If your looking at a 6" I would strongly recommend looking at it's specs before making that purchase. That's a pretty big vise for a RF-145 style mill. I have a Glacern 5" & it's boderline too big for my PM-45. Although I would love to have a 6" Kurt or 6" Glacern Premium vise, they are overkill on this size mill, plus heavy to lug around. I swap my vise for my SS quite often & the 5" is a great size IMO, I'm very happy with it. Some say a 4" vise is more appropriate for this size mill, Matt included a 4" with my mill but I like the 5" much more. But if you are planning for a BP/clone upgrade in the near future then a 6" might be worth it.


----------



## Maximilian (Nov 28, 2014)

*Vise*

I had read a few postings on the issue about the 6" being too big. I have seen the Kurt D688 several times and it's a monster indeed. On youtube I did stumble on someone using a D688 on his PM45 but it takes up every inch of space and more. Would never go that route. It's 16.81" long / 8.28" wide / 4.61" height / 1.93" for the hex sticking out. There's the D40 I was looking at (12.34" long / 5.75" wide / 3.485" height / 1.93" hex). I was also looking at the Glacern 5" (14.5" long / 7.625" wide / 4.1" height / 1.8" hex). I do know I need something bigger. I'm not worried about weight as I rarely have to remove the vise, as everything I do needs a vise.


----------



## Maximilian (Dec 4, 2014)

*Kurt 3620V Short Body*

I finally decided on a Kurt.I always try to support US companies that offer 100% made in the USA products. I was tempted at the 5” Glacern as the 4” Kurt was the same size as the Import I already own. For my work and milling purposes I needed a wider vise and max. jaw opening is not a deal breaker for me as my work pieces are never wider than 1.5” anyways. Vise stays 99% of the time on the mill so weight is also not a factor. I knew about the limitations using a large vise ex. Kurt D688 on the PM-932 as many had already discussed.

The Kurt 3620V short body caught my eye. It’s a 6” vise but the total width is the same as my 4” one as it’s ground square. It’s only 0.600” longer and the height is close to the same as my 4” on the swivel base, which I really haven’t used once. Only the Hex is 2.5x longer and the weight is more than double.
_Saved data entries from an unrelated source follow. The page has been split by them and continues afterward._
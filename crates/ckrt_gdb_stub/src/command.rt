//! What gdb's user commands by `monitor`.
ghost use Rattle.std.specs.Prelude.{◌≡◌, IfOk, IfSome, ok_or};
ghost use Rattle.std.specs.List.{before_first};
ghost use Rattle.ckrt_gdb_stub.specs.Commands.{IsInRangeCommand, IsInRangeEvent, about, alone, command_in, command_of, event_of, going_of, is_plus, number_of, place_of, positive_in, positive_of, steps_of, with_word, without_word, word_in, word_of};
ghost use Rattle.ckrt_gdb_stub.specs.declared.command.Misread.TheVariants.{Number, Position};

use ckrt_events::{Command as LineCommand, Event, LineFault, parse_command};

/// A position by the events that are done since the disk was formatted, and the steps of the next.
#[derive(Clone, Copy)]
pub struct Place {
    pub events: u64,
    pub steps: u32,
}

/// What gdb's user commands.
#[derive(Drop)]
pub enum Command {
    /// To go there.
    GoTo(Place),
    /// To go behind the last event.
    GoToEnd,
    /// To end motions there.
    Until(Place),
    /// To make so many steps at most in a motion, 1 or more.
    Limit(u32),
    /// To say which events there are, and where it stands.
    Events,
    /// To list the state as `ckrt inspect` does.
    Inspect,
    /// To forget the events behind where it stands.
    Fork,
    /// To make one more event behind the last, if the line is that of one.
    Append(Result<Event, LineFault>),
    /// To make so many at most behind the last, 1 or more, each the one that is next by turns.
    Extend(u32),
    /// To tell which commands there are.
    Help,
}

/// Why a text is no command.
#[derive(Clone, Copy, Drop)]
pub enum Misread {
    /// What it is about is no place.
    Position,
    /// What it is about is no number from 1 to 4,294,967,295.
    Number,
    /// Something is behind the name of a command that stands alone.
    Superfluous,
    /// There is no command of that name.
    Name,
}

/// The number of 64 bits that a text is.
#[tactic(auto, using(crate::proofs::NumberLemmas::number_read))]
fn number_of(text: &str) -> Option<u64>
    ensures { result ≡ number_of text.now }
{
    text.parse::<u64>().ok()
}

/// A number, if it is one of 32 bits.
fn word_in(number: u64) -> Option<u32>
    ensures { result ≡ word_in number }
{
    u32::try_from(number).ok()
}

/// The number of 32 bits that a text is.
fn word_of(text: &str) -> Option<u32>
    ensures { result ≡ word_of text.now }
{
    word_in(number_of(text)?)
}

/// The steps behind a plus, or none.
fn steps_of(text: &str) -> Option<u32>
    ensures { result ≡ steps_of text.now }
{
    match text.split_once('+') {
        Some((_, steps)) => word_of(steps),
        None => Some(0),
    }
}

/// The events before a plus, or up to the end.
fn events_of(text: &str) -> Option<u64>
    ensures { result ≡ number_of (before_first is_plus text.now) }
{
    match text.split_once('+') {
        Some((events, _)) => number_of(events),
        None => number_of(text),
    }
}

/// The place that a text `K` or `K+S` names.
fn place_of(text: &str) -> Option<Place>
    ensures { result ≡ place_of text.now }
{
    let events = events_of(text)?;
    let steps = steps_of(text)?;
    Some(Place { events, steps })
}

/// A number, if it is 1 or more.
fn positive_in(number: u32) -> Option<u32>
    ensures { result ≡ positive_in number }
{
    if number > 0 { Some(number) } else { None }
}

/// The number from 1 to 4,294,967,295 that a text is.
fn positive_of(text: &str) -> Option<u32>
    ensures { result ≡ positive_of text.now }
{
    positive_in(word_of(text)?)
}

/// The event of a line, as a session of `ckrt run` takes it.
fn event_of(line: &str) -> Result<Event, LineFault>
    ensures event { result ≡ event_of line.now }
    ensures in_range { IsInRangeEvent result }
{
    match parse_command(line.as_bytes())? {
        LineCommand::Submit(event) => Ok(event),
        _ => Err(LineFault::Unknown),
    }
}

/// The place that a command is about.
fn place_in(word: &str) -> Result<Place, Misread>
    ensures { result ≡ ok_or (place_of word.now) Position }
{
    place_of(word).ok_or(Misread::Position)
}

/// The number that a command is about.
fn count_in(word: &str) -> Result<u32, Misread>
    ensures { result ≡ ok_or (positive_of word.now) Number }
{
    positive_of(word).ok_or(Misread::Number)
}

/// A command that stands alone, by its name.
fn alone(name: &str) -> Option<Command>
    ensures command { result ≡ alone name.now }
    ensures in_range { IfSome result IsInRangeCommand }
{
    if name == "events" {
        Some(Command::Events)
    } else if name == "inspect" {
        Some(Command::Inspect)
    } else if name == "fork" {
        Some(Command::Fork)
    } else if name == "help" {
        Some(Command::Help)
    } else {
        None
    }
}

/// To go to the place that a word names, or to the end.
fn going_in(word: &str) -> Result<Command, Misread>
    ensures command { result ≡ ok_or (going_of word.now) Position }
    ensures in_range { IfOk result IsInRangeCommand }
{
    if word == "end" {
        return Ok(Command::GoToEnd);
    }
    Ok(Command::GoTo(place_in(word)?))
}

/// A command that is about a word, by its name.
fn about(name: &str, word: &str) -> Result<Command, Misread>
    ensures command { result ≡ about name.now word.now }
    ensures in_range { IfOk result IsInRangeCommand }
{
    if name == "goto" {
        going_in(word)
    } else if name == "until" {
        Ok(Command::Until(place_in(word)?))
    } else if name == "limit" {
        Ok(Command::Limit(count_in(word)?))
    } else if name == "live" {
        Ok(Command::Extend(count_in(word)?))
    } else if name == "event" {
        Ok(Command::Append(event_of(word)))
    } else {
        Err(Misread::Name)
    }
}

/// A command with a word behind its name.
fn with_word(name: &str, word: &str) -> Result<Command, Misread>
    ensures command { result ≡ with_word name.now word.now }
    ensures in_range { IfOk result IsInRangeCommand }
{
    match alone(name) {
        Some(_) => Err(Misread::Superfluous),
        None => about(name, word),
    }
}

/// A command without a word.
fn without_word(name: &str) -> Result<Command, Misread>
    ensures command { result ≡ without_word name.now }
    ensures in_range { IfOk result IsInRangeCommand }
{
    match alone(name) {
        Some(command) => Ok(command),
        None => about(name, ""),
    }
}

/// The command of a text that is UTF-8, or why it is none.
fn command_in(text: &str) -> Result<Command, Misread>
    ensures command { result ≡ command_in text.now }
    ensures in_range { IfOk result IsInRangeCommand }
{
    match text.split_once(' ') {
        Some((name, word)) => with_word(name, word),
        None => without_word(text),
    }
}

/// The command of a text, or why it is none.
pub fn command_of(text: &[u8]) -> Result<Command, Misread>
    ensures command { result ≡ command_of text.now }
    ensures in_range { IfOk result IsInRangeCommand }
{
    if text.is_empty() {
        return Ok(Command::Help);
    }
    match std::str::from_utf8(text) {
        Ok(text) => command_in(text),
        Err(_) => Err(Misread::Name),
    }
}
I nearly opted for the same reverse model but after making a mockup I noticed the Y travel being to short of a distance so the vise would end up hitting the column of the mill.  So that was an easy final decision. I couldn’t have made a better choice. Squaring the vise went easy breezy. What a difference. I could never go back to anything less. The added rigidity, smoothness of operation and quality build are top notch. 




























​


----------



## darkzero (Dec 4, 2014)

Nice CNC style chuck, never seen that one, sure does look expensive! What is the opening capacity of it?
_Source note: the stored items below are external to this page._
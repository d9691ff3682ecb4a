//! Thread-specific data: the calls on keys, and on the values that a thread has under them.
ghost use Rattle.std.specs.Prelude.{◌≡◌, ◌%◌, true};
ghost use Rattle.ckrt_thread.specs.State.{is_live};
ghost use Rattle.ckrt_cancel.specs.KeyRows.{key_create_row, key_delete_row, setspecific_row, getspecific_row};

use ckrt_thread::{CallResult, EAGAIN, EINVAL, ENOSYS, Key, ThreadId, Threads};

/// Makes a key, whose number goes to x11 of the thread: the least free one (POSIX.1-2017, pthread_key_create). Its
/// destructor, by its address, gets the value of a thread that ends; 0 stands for none. ENOSYS where keys are off,
/// then EINVAL where the address is no multiple of 4, then EAGAIN where there are 32 keys; else 0.
pub fn key_create(threads: &mut Threads, thread: ThreadId, destructor: u32) -> CallResult
    requires { is_live threads.old thread ≡ true }
    ensures result { result ≡ (key_create_row thread destructor threads.old).result }
    ensures threads { threads.new ≡ (key_create_row thread destructor threads.old).threads }
{
    if !threads.keys().is_on() {
        return CallResult::Done(ENOSYS);
    }
    if destructor % 4 != 0 {
        return CallResult::Done(EINVAL);
    }
    let Some(key) = threads.keys().free_key() else {
        return CallResult::Done(EAGAIN);
    };
    threads.known_live(thread);
    threads.add_key(key, destructor);
    threads.set_second_result(thread, u32::from(key));
    CallResult::Done(0)
}

/// Removes a key, and each thread's value under it, for which no destructor runs (POSIX.1-2017, pthread_key_delete).
/// ENOSYS where keys are off, then EINVAL where there is no such key; else 0.
pub fn key_delete(threads: &mut Threads, key: u32) -> CallResult
    ensures result { result ≡ (key_delete_row key threads.old).result }
    ensures threads { threads.new ≡ (key_delete_row key threads.old).threads }
{
    if !threads.keys().is_on() {
        return CallResult::Done(ENOSYS);
    }
    if threads.keys().destructor(key).is_none() {
        return CallResult::Done(EINVAL);
    }
    threads.remove_key(key as Key);
    CallResult::Done(0)
}

/// Gives the thread a value under a key; 0 stands for none (POSIX.1-2017, pthread_setspecific). ENOSYS where keys
/// are off, then EINVAL where there is no such key; else 0.
pub fn setspecific(threads: &mut Threads, thread: ThreadId, key: u32, value: u32) -> CallResult
    requires { is_live threads.old thread ≡ true }
    ensures result { result ≡ (setspecific_row thread key value threads.old).result }
    ensures threads { threads.new ≡ (setspecific_row thread key value threads.old).threads }
{
    if !threads.keys().is_on() {
        return CallResult::Done(ENOSYS);
    }
    if threads.keys().destructor(key).is_none() {
        return CallResult::Done(EINVAL);
    }
    threads.set_value(thread, key as Key, value);
    CallResult::Done(0)
}

/// Puts the thread's value under a key into x11, 0 where it set none (POSIX.1-2017, pthread_getspecific). ENOSYS where
/// keys are off, then EINVAL where there is no such key; else 0.
pub fn getspecific(threads: &mut Threads, thread: ThreadId, key: u32) -> CallResult
    requires { is_live threads.old thread ≡ true }
    ensures result { result ≡ (getspecific_row thread key threads.old).result }
    ensures threads { threads.new ≡ (getspecific_row thread key threads.old).threads }
{
    if !threads.keys().is_on() {
        return CallResult::Done(ENOSYS);
    }
    if threads.keys().destructor(key).is_none() {
        return CallResult::Done(EINVAL);
    }
    threads.known_live(thread);
    let value = threads.value(thread, key as Key);
    threads.set_second_result(thread, value);
    CallResult::Done(0)
}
I have one of those parallel keepers. They're made for a full size 6" vise & I have a 5" vise vise. The ends annoyingly got in the way when turning the vise handle. Wasn't as bad on my 5" but on yours they look really long! I shortened mine & it never gets in the way of my hands now but I don't use it that often anyway.


----------



## Maximilian (Dec 4, 2014)

*Kurt 3620V Short Body*



darkzero said:


> Nice CNC style chuck, never seen that one, sure does look expensive! What is the opening capacity of it?I have one of those parallel keepers. They're made for a full size 6" vise & I have a 5" vise vise. The ends annoyingly got in the way when turning the vise handle. Wasn't as bad on my 5" but on yours they look really long! I shortened mine & it never gets in the way of my hands now but I don't use it that often anyway.



The jaw opening is 4" with the jaws or 5.5" removed. . After the discounts I ended up paying $650.00. Considering it'll be the last vise I ever need it's a steal in the long run. Buy once, buy for life. You are correct about the length and was going to shorten them one of these days. That little vise handle rocks as it doesn't interfere with the Y handweel.
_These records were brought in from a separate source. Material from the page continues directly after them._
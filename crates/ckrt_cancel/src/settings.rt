//! How far a thread can be cancelled: its state and its type.
ghost use Rattle.std.specs.Prelude.{◌≡◌, true};
ghost use Rattle.ckrt_thread.specs.State.{is_live};
ghost use Rattle.ckrt_cancel.specs.Rows.{cancellation, state_of, type_of, with_state, with_type, set_to, set_state_row, set_type_row};

use ckrt_thread::{CallResult, Cancellation, EINVAL, ThreadId, Threads};

/// The number of a state: 0 enabled, 1 disabled.
fn state_of(cancellation: &Cancellation) -> u32
    ensures { result ≡ state_of cancellation.now }
{
    if cancellation.is_enabled { 0 } else { 1 }
}

/// The number of a type: 0 deferred, 1 asynchronous.
fn type_of(cancellation: &Cancellation) -> u32
    ensures { result ≡ type_of cancellation.now }
{
    if cancellation.is_asynchronous { 1 } else { 0 }
}

/// With another state, where the thread does not unwind.
fn with_state(mut cancellation: Cancellation, state: u32) -> Cancellation
    ensures { result ≡ with_state state cancellation }
{
    if cancellation.unwinding.is_none() {
        cancellation.is_enabled = state == 0;
    }
    cancellation
}

/// With another type, where the thread does not unwind.
fn with_type(mut cancellation: Cancellation, kind: u32) -> Cancellation
    ensures { result ≡ with_type kind cancellation }
{
    if cancellation.unwinding.is_none() {
        cancellation.is_asynchronous = kind == 1;
    }
    cancellation
}

/// Sets the thread's cancelability state, and puts the old one into x11 (POSIX.1-2017, pthread_setcancelstate): 0 is
/// enabled, 1 disabled, and any other number EINVAL. A thread that unwinds stays disabled.
pub fn set_state(threads: &mut Threads, thread: ThreadId, state: u32) -> CallResult
    requires { is_live threads.old thread ≡ true }
    ensures result { result ≡ (set_state_row thread state threads.old).result }
    ensures threads { threads.new ≡ (set_state_row thread state threads.old).threads }
{
    if state > 1 {
        return CallResult::Done(EINVAL);
    }
    threads.known_live(thread);
    let cancellation = threads.cancellation(thread);
    threads.set_cancellation(thread, &with_state(cancellation, state));
    threads.set_second_result(thread, state_of(&cancellation));
    CallResult::Done(0)
}

/// Sets the thread's cancelability type, and puts the old one into x11 (POSIX.1-2017, pthread_setcanceltype): 0 is
/// deferred, 1 asynchronous, and any other number EINVAL. A thread that unwinds stays deferred.
pub fn set_type(threads: &mut Threads, thread: ThreadId, kind: u32) -> CallResult
    requires { is_live threads.old thread ≡ true }
    ensures result { result ≡ (set_type_row thread kind threads.old).result }
    ensures threads { threads.new ≡ (set_type_row thread kind threads.old).threads }
{
    if kind > 1 {
        return CallResult::Done(EINVAL);
    }
    threads.known_live(thread);
    let cancellation = threads.cancellation(thread);
    threads.set_cancellation(thread, &with_type(cancellation, kind));
    threads.set_second_result(thread, type_of(&cancellation));
    CallResult::Done(0)
}
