impl Stub {
    /// Where it stands.
    fn push_standing(&self, out: &mut Vec<u8>) -> Result<(), AllocError>
        ensures { OnOk result (out.new.items ≡ out.old.items ++ standing_line self.now) }
    {
        push_event(out, self.desk.first, self.playback.position())?;
        let count = self.playback.event_count();
        push_range(out, self.desk.first, self.desk.recorded, count)
    }

    /// Where it stands, and before that whether that isn't where it was to go.
    fn push_gone(&self, is_there: bool, out: &mut Vec<u8>) -> Result<(), AllocError>
        ensures { OnOk result (out.new.items ≡ out.old.items ++ gone_text is_there self.now) }
    {
        if !is_there {
            out.extend_from_slice(b"no such position\n")?;
        }
        self.push_standing(out)
    }

    /// The listing of `ckrt inspect`.
    fn push_listing(&self, out: &mut Vec<u8>) -> Result<(), AllocError>
        ensures { OnOk result (out.new.items ≡ out.old.items ++ listing_text self.now) }
    {
        let count = count_of(self.desk.first, self.playback.position().events);
        match write_listing(self.alloc, count, self.playback.machine(), out) {
            Ok(()) => Ok(()),
            Err(_) => Err(AllocError),
        }
    }

    /// Goes to a place, and tells where it stands then.
    fn go_to(self, place: Place, out: &mut Vec<u8>) -> Result<Stub, DebugFault>
        ensures does { IfOk result (λ stub. (console : List ℕ)
            × Does (Command.GoTo place) self stub console
            × (out.new.items ≡ out.old.items ++ console)) }
        ensures refused { IsErrOf result Refused → IsPlayable self.playback → ⊥ }
        ensures fault { IfErr result (λ e. (e ≡ Refused) ⊎ (e ≡ OutOfMemory)) }
    {
        let (stub, is_there) = self.reach(place.events, place.steps)?;
        stub.push_gone(is_there, out)?;
        Ok(stub)
    }

    /// Goes behind the last event, and tells where it stands then.
    fn go_to_end(self, out: &mut Vec<u8>) -> Result<Stub, DebugFault>
        ensures does { IfOk result (λ stub. (console : List ℕ)
            × Does Command.GoToEnd self stub console
            × (out.new.items ≡ out.old.items ++ console)) }
        ensures refused { IsErrOf result Refused → IsPlayable self.playback → ⊥ }
        ensures fault { IfErr result (λ e. (e ≡ Refused) ⊎ (e ≡ OutOfMemory)) }
    {
        let stub = self.reach_end()?;
        stub.push_standing(out)?;
        Ok(stub)
    }

    /// Motions end at a place from now on, if there is one, and it is told by which motion it goes there.
    fn stop_at(self, place: Place, out: &mut Vec<u8>) -> Result<Stub, DebugFault>
        ensures does { IfOk result (λ stub. (console : List ℕ)
            × Does (Command.Until place) self stub console
            × (out.new.items ≡ out.old.items ++ console)) }
        ensures refused { IsErrOf result Refused → IsPlayable self.playback → ⊥ }
        ensures fault { IfErr result (λ e. (e ≡ Refused) ⊎ (e ≡ OutOfMemory)) }
    {
        let (stub, there) = self.name(place.events, place.steps)?;
        out.extend_from_slice(named_text(there, stub.playback.position()))?;
        Ok(stub)
    }

    /// What becomes of an event that was to be made.
    fn push_made(&self, fault: Option<AppendFault>, out: &mut Vec<u8>) -> Result<(), AllocError>
        ensures { OnOk result (out.new.items ≡ out.old.items ++ made_text fault self.now) }
    {
        match fault {
            Some(fault) => push_append_fault(out, fault),
            None => self.push_standing(out),
        }
    }

    /// Forgets the events behind where it stands, and tells where that is.
    fn end_here(self, out: &mut Vec<u8>) -> Result<Stub, DebugFault>
        ensures does { IfOk result (λ stub. (console : List ℕ)
            × Does Command.Fork self stub console
            × (out.new.items ≡ out.old.items ++ console)) }
        ensures refused { IsErrOf result Refused → IsPlayable self.playback → ⊥ }
        ensures fault { IfErr result (λ e. (e ≡ Refused) ⊎ (e ≡ OutOfMemory)) }
    {
        let stub = self.fork()?;
        stub.push_standing(out)?;
        Ok(stub)
    }

    /// Makes one more event behind the last, and tells where it stands then, or why not.
    fn make(self, event: Event, out: &mut Vec<u8>) -> Result<Stub, DebugFault>
        requires { IsInRange event }
        ensures does { IfOk result (λ stub. (console : List ℕ)
            × DoesAppend (Ok event) self stub console
            × (out.new.items ≡ out.old.items ++ console)) }
        ensures refused { IsErrOf result Refused → IsPlayable self.playback → ⊥ }
        ensures fault { IfErr result (λ e. (e ≡ Refused) ⊎ (e ≡ OutOfMemory)) }
    {
        let (stub, fault) = self.append(event)?;
        stub.push_made(fault, out)?;
        Ok(stub)
    }

    /// Tells why a line has no event.
    fn refuse(self, fault: LineFault, out: &mut Vec<u8>) -> Result<Stub, DebugFault>
        ensures does { IfOk result (λ stub. (console : List ℕ)
            × DoesAppend (Err fault) self stub console
            × (out.new.items ≡ out.old.items ++ console)) }
        ensures fault { IfErr result (λ e. e ≡ OutOfMemory) }
    {
        push_line_fault(out, fault)?;
        Ok(self)
    }

    /// Makes one more event behind the last, if a line has one.
    fn make_by(self, event: Result<Event, LineFault>, out: &mut Vec<u8>) -> Result<Stub, DebugFault>
        requires { IsInRangeEvent event }
        ensures does { IfOk result (λ stub. (console : List ℕ)
            × DoesAppend event self stub console
            × (out.new.items ≡ out.old.items ++ console)) }
        ensures refused { IsErrOf result Refused → IsPlayable self.playback → ⊥ }
        ensures fault { IfErr result (λ e. (e ≡ Refused) ⊎ (e ≡ OutOfMemory)) }
    {
        match event {
            Ok(event) => self.make(event, out),
            Err(fault) => self.refuse(fault, out),
        }
    }

    /// How many events were made by turns, why there is no further one, and where it stands.
    fn push_gone_on(
        &self,
        made: usize,
        end: Result<ScheduleEnd, AppendFault>,
        out: &mut Vec<u8>,
    ) -> Result<(), AllocError>
        ensures { OnOk result
            (out.new.items ≡ out.old.items ++ gone_on_text made end self.now) }
    {
        push_count(out, made)?;
        push_why(out, end)?;
        self.push_standing(out)
    }

    /// Makes so many events at most behind the last, each the one that is next by turns, and tells how many, and why no more.
    fn go_on_by_turns(self, most: u32, out: &mut Vec<u8>) -> Result<Stub, DebugFault>
        ensures does { IfOk result (λ stub. (console : List ℕ)
            × Does (Command.Extend most) self stub console
            × (out.new.items ≡ out.old.items ++ console)) }
        ensures refused { IsErrOf result Refused → IsPlayable self.playback → ⊥ }
        ensures fault { IfErr result (λ e. (e ≡ Refused) ⊎ (e ≡ OutOfMemory)) }
    {
        let before = self.playback.event_count();
        let (stub, end) = self.extend(most)?;
        let made = stub.playback.event_count().saturating_sub(before);
        stub.push_gone_on(made, end, out)?;
        Ok(stub)
    }

    /// A motion makes so many steps at most.
    fn limit(self, limit: u32, out: &mut Vec<u8>) -> Result<Stub, DebugFault>
        ensures does { IfOk result (λ stub. (console : List ℕ)
            × Does (Command.Limit limit) self stub console
            × (out.new.items ≡ out.old.items ++ console)) }
        ensures fault { IfErr result (λ e. e ≡ OutOfMemory) }
    {
        push_limit(out, limit)?;
        let mut stub = self;
        stub.desk.bounds.limit = limit;
        Ok(stub)
    }

    /// Tells where it stands.
    fn tell_standing(self, out: &mut Vec<u8>) -> Result<Stub, DebugFault>
        ensures does { IfOk result (λ stub. (console : List ℕ)
            × Does Command.Events self stub console
            × (out.new.items ≡ out.old.items ++ console)) }
        ensures fault { IfErr result (λ e. e ≡ OutOfMemory) }
    {
        self.push_standing(out)?;
        Ok(self)
    }

    /// Tells the listing of `ckrt inspect`.
    fn tell_listing(self, out: &mut Vec<u8>) -> Result<Stub, DebugFault>
        ensures does { IfOk result (λ stub. (console : List ℕ)
            × Does Command.Inspect self stub console
            × (out.new.items ≡ out.old.items ++ console)) }
        ensures fault { IfErr result (λ e. e ≡ OutOfMemory) }
    {
        self.push_listing(out)?;
        Ok(self)
    }

    /// Tells the commands that there are.
    fn tell_help(self, out: &mut Vec<u8>) -> Result<Stub, DebugFault>
        ensures does { IfOk result (λ stub. (console : List ℕ)
            × Does Command.Help self stub console
            × (out.new.items ≡ out.old.items ++ console)) }
        ensures fault { IfErr result (λ e. e ≡ OutOfMemory) }
    {
        push_help(out)?;
        Ok(self)
    }

    /// Tells why a text is no command, and the commands that there are.
    fn tell_misread(self, why: Misread, out: &mut Vec<u8>) -> Result<Stub, DebugFault>
        ensures does { IfOk result (λ stub. (console : List ℕ)
            × ObeysBy (Err why) self stub console
            × (out.new.items ≡ out.old.items ++ console)) }
        ensures fault { IfErr result (λ e. e ≡ OutOfMemory) }
    {
        push_misread(out, why)?;
        Ok(self)
    }

    /// Does a command. What is told goes behind what is in `out`.
    fn perform(self, command: Command, out: &mut Vec<u8>) -> Result<Stub, DebugFault>
        requires { IsInRangeCommand command }
        ensures does { IfOk result (λ stub. (console : List ℕ)
            × Does command self stub console × (out.new.items ≡ out.old.items ++ console)) }
        ensures refused { IsErrOf result Refused → IsPlayable self.playback → ⊥ }
        ensures fault { IfErr result (λ e. (e ≡ Refused) ⊎ (e ≡ OutOfMemory)) }
    {
        match command {
            Command::GoTo(place) => self.go_to(place, out),
            Command::GoToEnd => self.go_to_end(out),
            Command::Until(place) => self.stop_at(place, out),
            Command::Limit(limit) => self.limit(limit, out),
            Command::Events => self.tell_standing(out),
            Command::Inspect => self.tell_listing(out),
            Command::Fork => self.end_here(out),
            Command::Append(event) => self.make_by(event, out),
            Command::Extend(most) => self.go_on_by_turns(most, out),
            Command::Help => self.tell_help(out),
        }
    }

    /// Does what gdb's user commands. What is told goes behind what is in `out`.
    ///
    /// # Errors
    ///
    /// `Refused` only where an event isn't accepted at its turn, or they don't come through the run's stage; `OutOfMemory`.
    pub(crate) fn obey(self, text: &[u8], out: &mut Vec<u8>) -> Result<Stub, DebugFault>
        ensures obeyed { IfOk result (λ stub. (console : List ℕ)
            × Obeys text.now self stub console × (out.new.items ≡ out.old.items ++ console)) }
        ensures refused { IsErrOf result Refused → IsPlayable self.playback → ⊥ }
        ensures fault { IfErr result (λ e. (e ≡ Refused) ⊎ (e ≡ OutOfMemory)) }
    {
        match command_of(text) {
            Ok(command) => self.perform(command, out),
            Err(why) => self.tell_misread(why, out),
        }
    }
}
I got one of those R8 racks you mentioned in your PM-45 thread. I really have to stop looking as you're draining my bank account )

It's early Christmas around here. :thumbsup2:


----------



## darkzero (Dec 4, 2014)

*Re: Kurt 3620V Short Body*



Maximilian said:


> I got one of those R8 racks you mentioned in your PM-45 thread.* I really have to stop looking as you're draining my bank account* )
> 
> It's early Christmas around here. :thumbsup2:​


​ 

Oh I can certainly help you with that!  :secrethandshake:









And some more of my mill essentials....


----------



## Maximilian (Dec 4, 2014)

*Ratcheting Wrench*

Will, I meant to ask but what brand is the ratcheting wrench you use as I need to get me a few. I notice the Armstrong wrench which I also own and a few Pronto wrenches. Thanks.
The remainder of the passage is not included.